■ **ASSIGNMENT**: Scan each line of the records for the word "other" and extract the ones that have it.

■ **Dataset excerpts**:
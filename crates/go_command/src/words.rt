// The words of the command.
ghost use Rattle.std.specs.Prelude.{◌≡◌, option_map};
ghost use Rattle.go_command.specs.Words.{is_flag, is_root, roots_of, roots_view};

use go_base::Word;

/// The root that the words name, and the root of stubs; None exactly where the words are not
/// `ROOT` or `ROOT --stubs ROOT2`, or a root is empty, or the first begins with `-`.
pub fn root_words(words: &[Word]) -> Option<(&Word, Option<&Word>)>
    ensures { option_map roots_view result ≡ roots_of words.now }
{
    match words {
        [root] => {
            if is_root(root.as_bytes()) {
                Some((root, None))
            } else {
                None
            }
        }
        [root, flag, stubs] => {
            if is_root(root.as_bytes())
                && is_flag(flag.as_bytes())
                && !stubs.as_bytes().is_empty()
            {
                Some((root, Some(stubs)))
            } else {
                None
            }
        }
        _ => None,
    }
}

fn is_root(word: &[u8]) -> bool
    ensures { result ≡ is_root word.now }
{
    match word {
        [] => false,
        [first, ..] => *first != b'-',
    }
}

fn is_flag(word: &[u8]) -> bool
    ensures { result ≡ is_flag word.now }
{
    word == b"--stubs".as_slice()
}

---

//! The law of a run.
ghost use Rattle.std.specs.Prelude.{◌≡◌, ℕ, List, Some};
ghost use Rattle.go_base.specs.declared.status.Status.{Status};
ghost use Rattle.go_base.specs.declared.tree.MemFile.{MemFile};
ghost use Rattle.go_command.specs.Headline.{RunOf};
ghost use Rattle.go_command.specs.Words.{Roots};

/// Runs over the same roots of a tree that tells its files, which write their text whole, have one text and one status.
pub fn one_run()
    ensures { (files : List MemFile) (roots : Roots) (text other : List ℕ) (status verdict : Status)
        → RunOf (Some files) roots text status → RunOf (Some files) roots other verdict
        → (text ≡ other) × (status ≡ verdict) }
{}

■ **EXERCISE RESULT**:
    ensures { (files : List MemFile) (roots : Roots) (text other : List ℕ) (status verdict : Status)
        → RunOf (Some files) roots text status → RunOf (Some files) roots other verdict
        → (text ≡ other) × (status ≡ verdict) }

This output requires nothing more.